They confronted the Nazis with the only weapon they had: their voice.
他们用他们唯一的武器—歌喉—与纳粹对抗。
Song of Defiance
反抗之歌
by Fergus M. Bordewich
弗格斯·博德威奇
When you walk the cobbled mist-shrouded streets of Terezin in the Czech Republic, your mind fills with images of the village sixty years ago, when it was a Nazi concentration camp packed with desperate and dying Jews. But Terezin was not only a place of suffering. It was also a scene of triumph
当你行走在捷克共和国特雷津的雾气笼罩的铺着石子的街道上的时候,心里便会充满着这座村子的六十年前的景象,当时那里是一座塞满了绝望的奄奄一息的犹太人的纳粹集中营。然而,特雷津并非仅仅是个遭受苦难的地方,它还是个赢得胜利的场所。
Terezin had been a perverse kind of showcase. In contrast to Auschwitz, Treblinka and other extermination camps, the Nazis designed the town near Prague to fool the world. For much ofWorld War II, Nazi propaganda suggested that Jews there enjoyed a life of leisure, even using captive Jewish filmmakers to craft a movie showing “happy” Jews listening to lectures and basking in the sun. The reality was horribly different. As many as 58,000 Jews were stuffed into a town that had originally held 7,000. Medical supplies were almost nonexistent, beds were infested with vermin and toilets overflowed. Of the 150,000 prisoners who passed through Terezin, 35,000 died there, mostly from disease and hunger.
特雷津曾经是处有点反常的展示橱窗。
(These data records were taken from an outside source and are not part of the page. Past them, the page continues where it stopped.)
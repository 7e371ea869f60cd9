// What a request looks at.
ghost use Rattle.std.specs.Prelude.{◌≡◌, IfOk};
ghost use Rattle.tw_replica.specs.Replica.{held_state};
ghost use Rattle.tw_terms.specs.Scenes.{scene_of};
ghost use Rattle.tw_commands.specs.Request.{scene_in, selected_in};

use std::alloc::Global;
use tw_changes::Request;
use tw_filter::{Filter, Looks, select};
use tw_replica::Replica;
use tw_terms::View;
use tw_world::Memory;
use uuid::Uuid;

/// What a request looks at.
pub(crate) fn view_of<'a>(request: &'a Request<'_>, replica: &'a Replica) -> View<'a>
    ensures { scene_of result ≡ scene_in request.now (held_state replica.now) }
{
    View {
        tasks: replica.tasks(),
        numbers: replica.numbers(),
        now: request.at,
        zone: request.zone,
    }
}

/// The uuids of the tasks that its filter selects, in byte order.
pub(crate) fn selected(
    alloc: Global,
    request: &Request<'_>,
    replica: &Replica,
) -> Result<Vec<Uuid>, Memory>
    ensures { IfOk result (λ rows. rows.items ≡ selected_in request.now (held_state replica.now)) }
{
    let view = view_of(request, replica);
    select(alloc, &request.filter, &view, &mut Looks::new())
}
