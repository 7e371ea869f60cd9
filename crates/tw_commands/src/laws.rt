//! Laws of commands. Each is the contract of a function that does nothing.
ghost use Rattle.tw_commands.specs.Exports.{SelectsByTasks, ExportsAreEqual};
ghost use Rattle.tw_commands.specs.Laws.{AnswersAsShownChangeNothing, CarriedIsApplied, ChangesAreCarriedOut, ChangesAreStamped, ModifiedMovesExactly, OthersStay, UndoTakesBack};
ghost use Rattle.tw_commands.specs.Stays.{ImportsChangeWhatTheyGive, MakersChangeNone, ReportsChangeMasks};

/// What a command comes to is its step, taken from the state before.
pub fn what_a_command_comes_to_is_its_step()
    ensures { CarriedIsApplied }
{}

/// A command that makes changes is carried out, unless they close a circle or a report has nothing to show: their operations fit,
/// whatever they are.
pub fn changes_are_carried_out()
    ensures { ChangesAreCarriedOut }
{}

/// Hooks that answer each task as it is shown to them change nothing: the command comes to what it comes to without hooks.
pub fn answers_as_shown_change_nothing()
    ensures { AnswersAsShownChangeNothing }
{}

/// A command that acts on the tasks that its filter selects leaves the others as they were, but for the masks of templates and the moments
/// at which those changed, whatever hooks answer.
pub fn other_tasks_stay()
    ensures { OthersStay }
{}

/// `add`, `log` and `duplicate` leave each task that was there as it was, whatever hooks answer.
pub fn makers_change_none()
    ensures { MakersChangeNone }
{}

/// An import leaves each task that was there as it was, unless its input gives the task's uuid, whatever hooks answer.
pub fn imports_change_what_they_give()
    ensures { ImportsChangeWhatTheyGive }
{}

/// A report leaves each task that was there as it was, but for the masks of templates and the moments at which those changed.
pub fn reports_change_masks()
    ensures { ReportsChangeMasks }
{}

/// Each task that a command leaves that acts on selected ones is as it was, or has the moment of the command as its `modified`, if hooks answer
/// what they are shown.
pub fn changes_are_stamped()
    ensures { ChangesAreStamped }
{}

/// A task that is there before and after any command but `import` and `undo` is as it was, or another of its properties than `modified`
/// differs. Exactly then `modified` is the moment of the command. A template changes so if a report makes its mask longer. An import gives a
/// task the `modified` of its input, and an undo takes it back. Hooks, if they are asked, answer what they are shown.
pub fn modified_moves_exactly()
    ensures { ModifiedMovesExactly }
{}

/// An undo right after a command that wrote operations leads back to the tasks before it, and to what was pending.
pub fn an_undo_takes_a_command_back()
    ensures { UndoTakesBack }
{}

/// A filter without numbers selects by tasks alone: of two states with equal tasks it selects the same, whatever their numbers, the base and
/// what is pending are.
pub fn a_filter_without_numbers_selects_by_tasks()
    ensures { SelectsByTasks }
{}

/// Two runs of `export` print equal texts if the tasks are equal, and their filter, which has no numbers, the weights, the moment and the zone are
/// the same. Whatever else the replicas hold makes no difference.
pub fn exports_of_equal_tasks_are_equal()
    ensures { ExportsAreEqual }
{}
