// Bytes and words in lent bytes, little-endian. A byte that is missing counts as 0, so every place can be asked.
#![tactic(auto)]

ghost use Rattle.std.specs.Prelude.{◌≡◌};
ghost use Rattle.model.specs.Wire as Wire;
ghost use Rattle.wire.specs.Bytes.{word_bytes};

// The byte at place k.
pub fn byte(bytes: &[u8], k: usize) -> u8
    ensures { result ≡ Wire.byte bytes.now k }
{
    if k < bytes.len() { bytes[k] } else { 0 }
}

// The word of the four bytes from place k on. Where all four are there they are read with no further test, as one.
pub fn word(bytes: &[u8], k: usize) -> u32
    ensures { result ≡ Wire.word bytes.now k }
{
    if bytes.len() <= k {
        return 0;
    }
    let rest = &bytes[k..];
    if rest.len() < 4 {
        return u32::from_le_bytes([byte(rest, 0), byte(rest, 1), byte(rest, 2), byte(rest, 3)]);
    }
    u32::from_le_bytes([rest[0], rest[1], rest[2], rest[3]])
}

// A word's four bytes.
pub fn word_bytes(w: u32) -> [u8; 4]
    ensures { result ≡ word_bytes w }
{
    w.to_le_bytes()
}
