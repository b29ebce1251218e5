// Written by tests/written/wide.py from domain, in f64.
// The checks of what a caller hands in, by the numbers of refusal 1 to 8 in their order, and 12. The caller takes each answer apart by `let .. else`,
// and hands on the number.
#![tactic(auto)]

mod bad;

ghost use Rattle.std.specs.Prelude.{◌≡◌};
ghost use Rattle.std.specs.Float.{binary64};
ghost use Rattle.model64.specs.Domain as Domain;

pub use bad::bad_vector;
use bad::{bad_centres, bad_outline, bad_parts, bad_radius, bad_rotation};
use model::{
    BAD_CENTRE, BAD_FRACTION, BAD_OUTLINE_A, BAD_OUTLINE_B, BAD_PART, BAD_RADIUS, BAD_ROTATION,
    BAD_SLOP, OTHER_PAIR, Refusal, SimplexCache,
};
use model64::{Pose, Sweep};

// One outline: 1, 3.
pub fn check_outline(points: &[f64]) -> Result<(), Refusal>
    ensures { result ≡ Domain.checked (Domain.outline_refusal binary64 points.now) }
{
    if bad_outline(points) {
        return Err(BAD_OUTLINE_A);
    }
    if bad_parts(points) {
        return Err(BAD_PART);
    }
    Ok(())
}

// Two outlines and their radii: 1 to 4.
pub fn check_pair(
    points_a: &[f64],
    points_b: &[f64],
    radius_a: f64,
    radius_b: f64,
) -> Result<(), Refusal>
    ensures { result ≡ Domain.checked (Domain.pair_refusal binary64 points_a.now points_b.now radius_a radius_b) }
{
    if bad_outline(points_a) {
        return Err(BAD_OUTLINE_A);
    }
    if bad_outline(points_b) {
        return Err(BAD_OUTLINE_B);
    }
    let parts = bad_parts(points_a) | bad_parts(points_b);
    let radii = bad_radius(radius_a) | bad_radius(radius_b);
    if parts {
        return Err(BAD_PART);
    }
    if radii {
        return Err(BAD_RADIUS);
    }
    Ok(())
}

// A pose: 5, 6.
pub fn check_pose(p: Pose) -> Result<Pose, Refusal>
    ensures { result ≡ Domain.checked_pose (Domain.checked (Domain.pose_refusal binary64 p)) p }
{
    if bad_rotation(p.rotation) {
        return Err(BAD_ROTATION);
    }
    if bad_vector(p.translation) {
        return Err(BAD_CENTRE);
    }
    Ok(p)
}

// Two moves: 5, 6. All rotations come before all centres.
pub fn check_sweeps(a: Sweep, b: Sweep) -> Result<(), Refusal>
    ensures { result ≡ Domain.checked (Domain.sweeps_refusal binary64 a b) }
{
    let rotations = bad_rotation(a.q1)
        | bad_rotation(a.q2)
        | bad_rotation(b.q1)
        | bad_rotation(b.q2);
    let centres = bad_centres(a) | bad_centres(b);
    if rotations {
        return Err(BAD_ROTATION);
    }
    if centres {
        return Err(BAD_CENTRE);
    }
    Ok(())
}

// A max fraction from 0 to 1: 7.
pub fn check_fraction(t: f64) -> Result<(), Refusal>
    ensures { result ≡ Domain.checked (Domain.fraction_refusal binary64 t) }
{
    if (t >= 0.0) & (t <= 1.0) {
        Ok(())
    } else {
        Err(BAD_FRACTION)
    }
}

// A slop above 0 and at most 1,048,576: 8.
pub fn check_slop(x: f64) -> Result<(), Refusal>
    ensures { result ≡ Domain.checked (Domain.slop_refusal binary64 x) }
{
    if (x > 0.0) & (x <= 1048576.0) {
        Ok(())
    } else {
        Err(BAD_SLOP)
    }
}

// A cache that is not empty has the number of its pair: 12. Whether its entries name points is not asked here.
pub fn check_cache(pair: u32, cache: SimplexCache) -> Result<(), Refusal>
    ensures { result ≡ Domain.checked (Domain.cache_refusal pair cache) }
{
    if (cache.count > 0) & (cache.pair != pair) {
        Err(OTHER_PAIR)
    } else {
        Ok(())
    }
}

// The number of a refusal, 0 where the check passed.
pub fn refusal(checked: Result<(), Refusal>) -> u32
    ensures { result ≡ Domain.refusal checked }
{
    match checked {
        Ok(()) => 0,
        Err(refused) => refused.number,
    }
}

// The number of a pose's refusal, 0 where it passed.
pub fn pose_refusal(checked: Result<Pose, Refusal>) -> u32
    ensures { result ≡ Domain.refusal_of_pose checked }
{
    match checked {
        Ok(_) => 0,
        Err(refused) => refused.number,
    }
}
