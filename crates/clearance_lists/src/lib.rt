// A look at a planned move over lists of numbers, as programs in C and Rust have them. Nothing is required of the caller.
#![tactic(auto)]

ghost use Rattle.std.specs.Prelude.{◌≡◌, [], ◌∷◌, ◌≤◌, length};
ghost use Rattle.std.specs.Float.{binary32};
ghost use Rattle.clearance_lists.specs.Entry.{cleared_number, fraction_at, fractions_after, pieces_after, Few, ClearanceTold};

use clearance_call::{Cleared, clearance};
use outline::point;
use places::place_bits;

// The place k of 2^24 as a fraction of the way.
pub fn fraction_at(k: u64) -> f32
    ensures { result ≡ fraction_at k }
{
    ground::from_bits(place_bits(k))
}

fn put_fractions(out: &mut [f32], first: f32, last: f32)
    requires { length out.old ≡ 2 }
    ensures { out.new ≡ first ∷ last ∷ [] }
{
    out[0] = first;
    out[1] = last;
}

fn put_pieces(out: &mut [u32], n: u64)
    requires { (length out.old ≡ 1) × (n ≤ 4096) }
    ensures { out.new ≡ n ∷ [] }
{
    out[0] = n as u32;
}

// Two fractions and the pieces, under a number.
fn put(number: u32, first: f32, last: f32, n: u64, out: &mut [f32], pieces: &mut [u32]) -> u32
    requires { (length out.old ≡ 2) × (length pieces.old ≡ 1) × (n ≤ 4096) }
    ensures { (result ≡ number) × (out.new ≡ first ∷ last ∷ []) × (pieces.new ≡ n ∷ []) }
{
    put_fractions(out, first, last);
    put_pieces(pieces, n);
    number
}

// A refusal writes nothing.
fn tell(answer: Cleared, end: f32, out: &mut [f32], pieces: &mut [u32]) -> u32
    requires { (length out.old ≡ 2) × (length pieces.old ≡ 1) × Few answer }
    ensures { (result ≡ cleared_number answer) × (out.new ≡ fractions_after end answer out.old)
        × (pieces.new ≡ pieces_after answer pieces.old) }
{
    match answer {
        Cleared::Refused(number) => number,
        Cleared::Clear { pieces: n } => put(32, end, end, n, out, pieces),
        Cleared::Touch {
            clear_up_to,
            within_by,
            pieces: n,
        } => put(
            33,
            fraction_at(clear_up_to),
            fraction_at(within_by),
            n,
            out,
            pieces,
        ),
        Cleared::Open {
            clear_up_to,
            pieces: n,
        } => put(34, fraction_at(clear_up_to), end, n, out, pieces),
    }
}

// What `foldflake_clearance` answers.
pub fn clearance_told(
    points_a: &[f32],
    points_b: &[f32],
    numbers: &[f32],
    from: f32,
    out: &mut [f32],
    pieces: &mut [u32],
) -> u32
    ensures { ClearanceTold points_a.now points_b.now numbers.now from out.old pieces.old
        out.new pieces.new result }
{
    if (numbers.len() == 24) & (out.len() == 2) & (pieces.len() == 1) {
        let answer = clearance(points_a, points_b, numbers, from);
        let limits = point(numbers, 1);
        tell(answer, limits.x, out, pieces)
    } else {
        255
    }
}
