// What a rewrite, and a list of them, keeps of a graph that has a meaning.
ghost use Rattle.std.specs.Prelude.{◌≡◌, ℕ, List};
ghost use Rattle.exec_graph.specs.Meaning.{IsSound, SameMeaning};
ghost use Rattle.exec_graph.specs.Typing.{KeepsTypes};
ghost use Rattle.exec_graph.specs.Wellformed.{IsGraphOk};
ghost use Rattle.exec_graph.specs.declared.graph.Blocked.{Blocked};
ghost use Rattle.exec_graph.specs.declared.graph.Graph.{Graph};
ghost use Rattle.graph_rewrites.specs.Replays.{Leads};
ghost use Rattle.graph_rewrites.specs.Rewrites.{CanApply, rewritten};
ghost use Rattle.graph_rewrites.specs.declared.rewrite.Rewrite.{Rewrite};
ghost use Rattle.sound_rewrites.specs.Making.{CanMake, MadeBy};

/// A rewrite that may be made of a sound graph leaves it sound, its meaning the same, and its
/// types, whatever its size. Of a well-formed graph a rewrite may be made where it may be within
/// the limits.
pub fn sound_law()
    ensures sound { (g : Graph) (r : Rewrite) → IsSound g → CanMake g r →
        IsSound (rewritten g r) }
    ensures same { (g : Graph) (r : Rewrite) → IsSound g → CanMake g r →
        SameMeaning g (rewritten g r) }
    ensures types { (g : Graph) (r : Rewrite) → IsSound g → CanMake g r →
        KeepsTypes g (rewritten g r) }
    ensures within { (b : Blocked) (r : Rewrite) → IsGraphOk b.graph → CanApply b r →
        CanMake b.graph r }
{}

/// What rewrites make of a sound graph one after another, in whatever order, is sound, means the
/// same and keeps types. Lists that lead somewhere within the limits are such.
pub fn list_law()
    ensures sound { (rs : List Rewrite) (g h : Graph) → IsSound g → MadeBy rs g h → IsSound h }
    ensures same { (rs : List Rewrite) (g h : Graph) → IsSound g → MadeBy rs g h →
        SameMeaning g h }
    ensures types { (rs : List Rewrite) (g h : Graph) → IsSound g → MadeBy rs g h →
        KeepsTypes g h }
    ensures one { (rs : List Rewrite) (g h i : Graph) → MadeBy rs g h → MadeBy rs g i → h ≡ i }
    ensures within { (group : ℕ) (rs : List Rewrite) (a b : Blocked) → IsGraphOk a.graph →
        Leads group rs a b → MadeBy rs a.graph b.graph }
{}
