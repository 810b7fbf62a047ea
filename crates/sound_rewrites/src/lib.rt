//! Rewrites of any sound graph, whatever its size.
//!
//! A graph that has a meaning at all (`IsSound` of exec_graph) keeps it, and its types, in each
//! rewrite that may be made of it, also where a Flatten gets 20,000 inputs or the graph a million
//! nodes (`sound_law`). Limits are asked for only where a graph is to stay well-formed
//! (`rewrite_law` of graph_rewrites): what may be made within them may be made (`CanMake`,
//! specs/Making.antt). And so it is with rewrites one after another, in any order (`list_law`).
//!
//! Nothing here runs: the functions state what holds of rewrites.
#![tactic(auto)]

mod laws;

pub use laws::{list_law, sound_law};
与奥斯威辛、特雷布林卡等灭绝人的集中营不同,纳粹将这座位于布拉格附近的村镇刻意打扮以欺骗世人。第二次世界大战期间的许多时间里,纳粹的宣传机器宣传犹太人在那里过着悠闲的生活,他们甚至利用被抓捕的犹太制片人杜撰情节拍摄了一部电影,展示“愉快的”犹太人在听讲座和在晒太阳。而现实却是迥然不同。这座原本只能容纳7千人的小镇如今却挤着5万8千个犹太人。几乎没有什么医疗设施,床上到处爬满虱子等害虫,厕所里污水外溢。曾在特雷津待过的15万人中,3万5千人死在那里,多数死于疾病和饥饿。